In conclusion, our data strongly support the notion that changes in the epigenome, including the age-associated loss of H3K9me3, can drive the aging processes in mammals, and therefore reinforce the role of epigenetic dysregulation as an important hallmark of aging. The TKOc mice generated in this study could potentially serve as a valuable experimental model for in-depth investigation of the molecular mechanisms of aging. Lastly, the loss of H3K9me3 might represent a novel target for the potential development of therapeutic interventions aiming at the prevention of age-associated diseases and extension of healthy lifespan.

METHODS

Animal housing

All the experimental procedures were performed in accordance with Swiss legislation after the approval from the local authorities (Cantonal veterinary office, Canton de Vaud, Switzerland). Animals were housed in groups of five mice per cage with a 12hr light/dark cycle between 06:00 and 18:00 in a temperature-controlled environment at 25°C and humidity between 40 and 70% (55% in average), with free access to water and food.

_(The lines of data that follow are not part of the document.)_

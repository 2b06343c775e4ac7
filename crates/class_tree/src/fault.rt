//! Why a folder and its library are not linked.
ghost use Rattle.std.specs.Prelude.{◌≡◌};
ghost use Rattle.class_tree.specs.declared.fault.LinkFault.TheVariants.{NoMemory as no_memory};

use class_model::{Member, NoMemory, Text};
use thiserror::Error;

/// A rule of linking (JVM Specification SE 8, 5.3 and 5.4). `LibraryLeans`, and what is asked of the library's own classes that
/// the machine needs, are this project's profile.
#[derive(Clone, Copy, PartialEq, Eq, Debug)]
pub enum LinkRule {
    /// Two classes have one name.
    Duplicate,
    /// A class that is named is not there, or the library lacks one that the machine needs.
    Missing,
    /// A class is above itself.
    Circle,
    /// The superclass of a class of the folder is final.
    FinalSuper,
    /// A class of the library names one of the folder above it.
    LibraryLeans,
    /// A superclass is an interface, or an interface that is named is none; an interface is below another class than
    /// java/lang/Object; a class but java/lang/Object has no superclass, or the folder has java/lang/Object; a throwable
    /// that the machine raises is none, or an interface that it knows is none.
    KindOfSuper,
    /// A member that is named is not there, or java/lang/Object has not the one constructor.
    NoMember,
    /// A class or a member is not accessible.
    NoAccess,
    /// A member is not of the form that an instruction needs.
    WrongForm,
    /// A method overrides a final method of the folder.
    FinalOverridden,
}

/// Why classes are not linked.
#[derive(Debug, Drop, Error)]
pub enum LinkFault {
    /// A class breaks a rule, or its member does; a member without a name is the class itself.
    #[error("{class:?} is not linked: {rule:?}")]
    Unlinked {
        class: Text,
        member: Member,
        rule: LinkRule,
    },
    #[error("out of memory")]
    NoMemory,
}

impl From<NoMemory> for LinkFault {
    ghost from_gives = { λ _ fault. fault ≡ no_memory };

    fn from(_: NoMemory) -> Self {
        LinkFault::NoMemory
    }
}
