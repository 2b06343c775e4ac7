//! Guesses at the numbers of classes, by name.
use class_model::NoMemory;
use std::alloc::Global;
use std::hash::{FoldHasher, Hasher};

/// The numbers of classes in a table by a hash of their names. What it answers is a guess, of which nothing is proved:
/// whoever asks looks at the class of that number, and searches where it is another.
pub(crate) struct NameGuesses {
    // how many of the slots a hash leads to
    homes: usize,
    slots: Vec<Slot>,
}

// Written out: a derived drop would be spelled out, field by field, in each function that drops one, and be proved there.
impl Drop for NameGuesses {
    fn drop(self) {
        let NameGuesses { homes: _, slots: _ } = self;
    }
}

// The number of a class and a part of the hash of its name, or FREE.
#[derive(Clone, Copy)]
struct Slot {
    tag: u32,
    number: u32,
}

const FREE: u32 = u32::MAX;

// How many slots are looked at from the one on that a hash leads to.
const TRIES: usize = 8;

impl NameGuesses {
    /// No number yet, and room for those of so many classes.
    pub(crate) fn new(alloc: Global, count: usize) -> Result<Self, NoMemory> {
        let homes = count.saturating_mul(2);
        let free = Slot {
            tag: 0,
            number: FREE,
        };
        let slots = vec![in alloc; free; homes.saturating_add(TRIES)]?;
        Ok(NameGuesses { homes, slots })
    }

    /// Adds the number of the class of a name, where there is room near its hash.
    pub(crate) fn add(&mut self, name: &[u8], number: usize) {
        let Ok(number) = u32::try_from(number) else {
            return;
        };
        let (home, tag) = self.home(name);
        for step in 0..TRIES {
            if let Some(slot) = self.slots.get_mut(home.wrapping_add(step)) {
                if slot.number == FREE {
                    *slot = Slot { tag, number };
                    return;
                }
            }
        }
    }

    /// A guess at the number of the class of a name.
    pub(crate) fn get(&self, name: &[u8]) -> Option<usize> {
        let (home, tag) = self.home(name);
        for step in 0..TRIES {
            let slot = self.slots.get(home.wrapping_add(step))?;
            if slot.number == FREE {
                return None;
            }
            if slot.tag == tag {
                return Some(slot.number as usize);
            }
        }
        None
    }

    // The slot that the low half of the hash of a name leads to, and the high half.
    fn home(&self, name: &[u8]) -> (usize, u32) {
        let mut hasher = FoldHasher::default();
        hasher.write(name);
        let hash = hasher.finish();
        let home = (hash & 0xFFFF_FFFF).wrapping_mul(self.homes as u64) >> 32;
        (home as usize, (hash >> 32) as u32)
    }
}
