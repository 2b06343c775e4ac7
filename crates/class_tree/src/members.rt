//! An index of the members of a class, by name and descriptor.
ghost use Rattle.std.specs.Prelude.{◌≡◌, [], ◌∷◌, IfOk};
ghost use Rattle.std.specs.Cmp.Lexicographic.{slice_cmp};
ghost use Rattle.std.specs.Ordering.{is_lt, nat_cmp};
ghost use Rattle.class_tree.specs.Inner.MemberIndex.{IsMemberIndex, key_at};
ghost use Rattle.class_tree.specs.Names.{is_member};
ghost use Rattle.class_tree.specs.Inner.Nodes.{AreMemberIndexes};
ghost use Rattle.class_tree.specs.Order.{member_place, members_of};

use crate::headers::Headers;
use crate::lists::Lists;
use class_model::{Header, ListOf, Member, NoMemory};
use std::alloc::Global;
use std::cmp::Ordering;

/// Which members of a class are meant.
#[derive(Clone, Copy)]
pub enum MemberKind {
    Field,
    Method,
}

/// The fields or the methods that a class declares.
pub fn members_of(header: &Header, kind: MemberKind) -> &[Member]
    ensures { result.now ≡ members_of kind header.now }
{
    match kind {
        MemberKind::Field => header.fields.as_slice(),
        MemberKind::Method => header.methods.as_slice(),
    }
}

/// The indexes of the fields or the methods of each class, by number.
pub(crate) fn member_indexes(
    alloc: Global,
    headers: &Headers<'_>,
    kind: MemberKind,
) -> Result<Lists<usize>, NoMemory>
    ensures { IfOk result (λ indexes. AreMemberIndexes (members_of kind) headers.now indexes) }
{
    let mut indexes = Lists::new(alloc, headers.len())?;
    while let Some(header) = headers.get(indexes.len()) {
        indexes.push(member_index(alloc, members_of(header, kind))?.as_slice())?;
    }
    Ok(indexes)
}

// The index of these members.
fn member_index(alloc: Global, members: &[Member]) -> Result<ListOf<usize>, NoMemory>
    ensures { IfOk result (λ index. IsMemberIndex members.now index) }
{
    let mut places: Vec<usize> = (0..members.len()).collect(alloc)?;
    places.sort_by(|one, other| compare(members, *one, *other))?;
    Ok(ListOf::from_vec(places))
}

// How two places compare: by name, then by descriptor, then by place.
fn compare(members: &[Member], one: usize, other: usize) -> Ordering
    ensures { result
        ≡ slice_cmp (slice_cmp nat_cmp) (key_at members.now one) (key_at members.now other) }
{
    let (one_name, one_desc) = texts(members, one);
    let (other_name, other_desc) = texts(members, other);
    one_name
        .cmp(other_name)
        .then_with(|| one_desc.cmp(other_desc))
        .then(one.cmp(&other))
}

// The name and the descriptor of the member at a place.
fn texts(members: &[Member], place: usize) -> (&[u8], &[u8])
    ensures { key_at members.now place ≡ result.0.now ∷ result.1.now ∷ (place ∷ []) ∷ [] }
{
    match members.get(place) {
        Some(member) => (member.name.bytes(), member.desc.bytes()),
        None => (&[], &[]),
    }
}

/// The place of the first member of a name and descriptor.
pub(crate) fn find_member(
    members: &[Member],
    index: &[usize],
    name: &[u8],
    desc: &[u8],
) -> Option<usize>
    requires { IsMemberIndex members.now index.now }
    ensures { result ≡ member_place name.now desc.now members.now }
{
    let point = index.partition_point(|place| is_before(members, *place, name, desc));
    let place = *index.get(point)?;
    let member = members.get(place)?;
    is_member(member, name, desc).then_some(place)
}

// Whether a place stands before all that have this name and descriptor.
fn is_before(members: &[Member], place: usize, name: &[u8], desc: &[u8]) -> bool
    ensures { result
        ≡ is_lt
        (slice_cmp (slice_cmp nat_cmp) (key_at members.now place) (name.now ∷ desc.now ∷ [])) }
{
    let (own_name, own_desc) = texts(members, place);
    own_name.cmp(name).then_with(|| own_desc.cmp(desc)).is_lt()
}

// Whether the member has this name and descriptor.
fn is_member(member: &Member, name: &[u8], desc: &[u8]) -> bool
    ensures { result ≡ is_member name.now desc.now member.now }
{
    name == member.name.bytes() && desc == member.desc.bytes()
}
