//! Laws: functions that do nothing, whose contracts say what always holds.
ghost use Rattle.std.specs.Prelude.{◌≡◌, ◌≢◌, ◌↔◌, ℕ, Bool, List, IsTrue};
ghost use Rattle.class_model.specs.Names.{init};
ghost use Rattle.class_model.specs.declared.class_file.ClassFile.{ClassFile};
ghost use Rattle.class_model.specs.declared.header.Header.{Header};
ghost use Rattle.class_tree.specs.Alike.{IsAlike, AreAlike};
ghost use Rattle.class_tree.specs.Headers.{Name, Classes, Headers, headers_of};
ghost use Rattle.class_tree.specs.Hierarchy.{IsHierarchy};
ghost use Rattle.class_tree.specs.Order.{member_place, place_of};
ghost use Rattle.class_tree.specs.Problems.{Problem};
ghost use Rattle.class_tree.specs.Subtype.{IsSubtype};
ghost use Rattle.class_tree.specs.Trees.{IsArranged, IsInOrder, IsProblem, IsTree};

use crate::tree::Tree;

/// Classes of which all that a tree asks holds are a hierarchy: each stands at its place under its name, those above it are there and are
/// never itself, and its superinterfaces are the interfaces above it.
pub fn classes_of_a_tree_are_a_hierarchy()
    ensures { (classes : Classes) → IsTree classes → IsHierarchy (headers_of classes) }
{}

/// So are the classes of a tree.
pub fn a_tree_is_a_hierarchy(tree: &Tree)
    ensures { IsHierarchy (headers_of tree.now) }
{
    classes_of_a_tree_are_a_hierarchy();
    // all that is asked holds of them
    let _ = tree.folder();
}

/// A folder and its library have at most one first problem, and where no name stands twice they are arranged in one way.
pub fn a_folder_is_told_once()
    ensures problem { (folder : List ClassFile) (library : List Header) (one other : Problem)
        → IsProblem folder library one
        → IsProblem folder library other
        → one ≡ other }
    ensures arranged { (folder : List ClassFile) (library : List Header) (one other : Classes)
        → IsArranged folder library one
        → IsInOrder (headers_of one)
        → IsArranged folder library other
        → one ≡ other }
{}

/// In a hierarchy a test tells of any two types whether the one is a subtype of the other.
pub fn a_hierarchy_decides_subtypes()
    ensures { (headers : Headers)
        → IsHierarchy headers
        → (sub : Name → Name → Bool)
        × ((low high : Name) → IsTrue (sub low high) ↔ IsSubtype headers low high) }
{}

/// Classes that are alike are a hierarchy together, and have the same subtypes.
pub fn alike_classes_have_one_hierarchy()
    ensures hierarchy { (one other : Headers)
        → AreAlike one other
        → IsHierarchy one ↔ IsHierarchy other }
    ensures subtypes { (one other : Headers) (low high : Name)
        → AreAlike one other
        → IsSubtype one low high ↔ IsSubtype other low high }
    ensures places { (one other : Headers) (name : Name)
        → AreAlike one other
        → place_of one name ≡ place_of other name }
{}

/// Classes that are alike number their fields alike, and their methods but for instance initialisers.
pub fn alike_classes_number_members_alike()
    ensures fields { (one other : Header) (name desc : List ℕ)
        → IsAlike one other
        → member_place name desc one.fields ≡ member_place name desc other.fields }
    ensures methods { (one other : Header) (name desc : List ℕ)
        → IsAlike one other
        → name ≢ init
        → member_place name desc one.methods ≡ member_place name desc other.methods }
{}
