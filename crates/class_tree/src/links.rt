//! What a hierarchy keeps beside its classes.
ghost use Rattle.std.specs.Prelude.{◌≡◌};
ghost use Rattle.class_tree.specs.Inner.Nodes.{indexes_of};

use crate::lists::Lists;
use crate::members::MemberKind;
use crate::place::Place;

/// By the number of each class: the place of its superclass; its superinterfaces, each once, in depth-first order; and
/// the indexes of its fields and methods.
pub(crate) struct Links {
    pub superclasses: Vec<Option<Place>>,
    pub interfaces: Lists<Place>,
    pub fields: Lists<usize>,
    pub methods: Lists<usize>,
}

// Written out: a derived drop would be spelled out, field by field, in each function that drops one, and be proved there.
impl Drop for Links {
    fn drop(self) {
        let Links {
            superclasses: _,
            interfaces: _,
            fields: _,
            methods: _,
        } = self;
    }
}

impl Links {
    /// The indexes of the fields or of the methods.
    pub fn members(&self, kind: MemberKind) -> &Lists<usize>
        ensures { result.now ≡ indexes_of kind self.now }
    {
        match kind {
            MemberKind::Field => &self.fields,
            MemberKind::Method => &self.methods,
        }
    }
}
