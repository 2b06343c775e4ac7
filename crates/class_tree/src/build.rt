//! Building a hierarchy.
ghost use Rattle.std.specs.Prelude.{◌≡◌, map};
ghost use Rattle.std.specs.List.{AllByRecursion};
ghost use Rattle.class_model.specs.Header.{header_of};
ghost use Rattle.class_tree.specs.Headers.{IsClassFile, IsLibraryClass};
ghost use Rattle.class_tree.specs.Inner.Nodes.{IsLinksOf};
ghost use Rattle.class_tree.specs.Trees.{AreHeadersInOrder, IsInOrder, IsTreeOf};

use crate::arrange::{add_library, first_duplicate, headers_of, sort_folder, sort_library};
use crate::base::check_base;
use crate::fault::{LinkFault, LinkRule};
use crate::graph::supers_graph;
use crate::guesses::NameGuesses;
use crate::headers::Headers;
use crate::hierarchy::check_hierarchy;
use crate::interfaces::interface_lists;
use crate::links::Links;
use crate::members::{MemberKind, member_indexes};
use crate::order::topological;
use crate::question::ask;
use crate::super_places::super_places;
use crate::tree::{ClassFileList, HeaderList, Tree};
use class_model::{ClassFile, Header};
use std::alloc::Global;

/// The hierarchy of a folder's class files and of its library's headers, in any order (JVM Specification SE 8, 5.3.5).
///
/// # Errors
/// `Unlinked` with the first problem: the first name that stands twice; then class by class, those of the folder first, a
/// class above it that is not there, a class of the library below one of the folder, a class above itself, a final
/// superclass, a superclass or interface of the wrong kind; and then, where the folder has a class, what the machine
/// needs of the library. `NoMemory`, where memory runs out.
pub fn build_tree(
    alloc: Global,
    folder: ClassFileList,
    library: HeaderList,
) -> Result<Tree, LinkFault>
    requires folder { AllByRecursion IsClassFile folder }
    requires library { AllByRecursion IsLibraryClass library }
    ensures { IsTreeOf folder library result }
{
    let folder = sort_folder(alloc, folder)?;
    let library = sort_library(alloc, library)?;
    let mut guesses = NameGuesses::new(alloc, folder.len().saturating_add(library.len()))?;
    let headers = headers_of(alloc, folder.as_slice(), &mut guesses)?;
    add_library(&mut guesses, headers.len(), library.as_slice());
    let links = link(
        alloc,
        folder.as_slice(),
        &headers,
        library.as_slice(),
        &guesses,
    )?;
    Ok(Tree {
        folder,
        library,
        headers,
        guesses,
        links,
    })
}

// Asks classes in byte order of their names all that a hierarchy is asked, and links them.
fn link(
    alloc: Global,
    folder: &[ClassFile],
    headers: &[Header],
    library: &[Header],
    guesses: &NameGuesses,
) -> Result<Links, LinkFault>
    requires headers { headers.now ≡ map header_of folder.now }
    requires folder { AllByRecursion IsClassFile folder.now }
    requires library { AllByRecursion IsLibraryClass library.now }
    requires folder_sorted { AreHeadersInOrder headers.now }
    requires library_sorted { AreHeadersInOrder library.now }
    ensures { IsLinksOf (record { folder = folder.now; library = library.now }) headers.now result }
{
    let all = Headers::new(headers, library, guesses);
    if let Some(name) = first_duplicate(&all) {
        ask(alloc, false, name, LinkRule::Duplicate)?;
    }
    link_in_order(alloc, folder, &all)
}

// The same, where no name stands twice.
fn link_in_order(
    alloc: Global,
    folder: &[ClassFile],
    headers: &Headers<'_>,
) -> Result<Links, LinkFault>
    requires headers { headers.now.folder ≡ map header_of folder.now }
    requires folder { AllByRecursion IsClassFile folder.now }
    requires library { AllByRecursion IsLibraryClass headers.now.library }
    requires in_order { IsInOrder headers.now }
    ensures { IsLinksOf (record { folder = folder.now; library = headers.now.library })
        headers.now.folder result }
{
    let graph = supers_graph(alloc, headers)?;
    let order = topological(alloc, &graph)?;
    let order = order.as_slice();
    check_hierarchy(alloc, headers, &graph, order)?;
    if !folder.is_empty() {
        check_base(alloc, folder, headers, &graph)?;
    }
    let superclasses = super_places(alloc, headers, &graph)?;
    let interfaces = interface_lists(alloc, headers, &graph, order)?;
    let fields = member_indexes(alloc, headers, MemberKind::Field)?;
    let methods = member_indexes(alloc, headers, MemberKind::Method)?;
    Ok(Links {
        superclasses,
        interfaces,
        fields,
        methods,
    })
}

Transgenic mouse models used in this project were generated by breeding and maintained at the Animal Facility of Epalinges and the Animal Facility of the Department of Biomedical Science of the University of Lausanne.

Mouse strains

The TKOCAGCre mouse strains were generated by breeding the TKO strain, triple conditional knockout for the three H3K9me3 methyltransferases (Suv39h2, Suv39h1, Setdb1), previously generated by Professor Kenneth Zaret (Nicetto et al., 2019b) with CAG-CreER mice Stock No 004682. The final Homo-TKOCAGCre mouse strain is a quadruple transgenic conditional knockout mouse carrying: Setdb1 Flox/Flox: Loxp sites flanking exon 15–16 of Setdb1 gene (Chr.3). Suv39h1 Flox/Flox: Loxp sites flanking exon 3–5 of Suv39h1 gene (Chr.X). Suv39h2 KO/KO: deletion in the SUV39H2 gene (Chr. 10). CAG-CreER Cre/+: Insertion of CAG-CreER (Chr.3), for the tamoxifen-inducible CRE-mediated recombination system (Loxp sites). TKOCAGCre littermates not expressing Cre were used as control mice along the study.

Tamoxifen administration

Tamoxifen (Sigma, T5648) of TKOCAGCre mice was performed at 3 months of age and repeated at 5.5 months. Tamoxifen was administrated intraperitoneally at 67mg/kg for 5 consecutive days.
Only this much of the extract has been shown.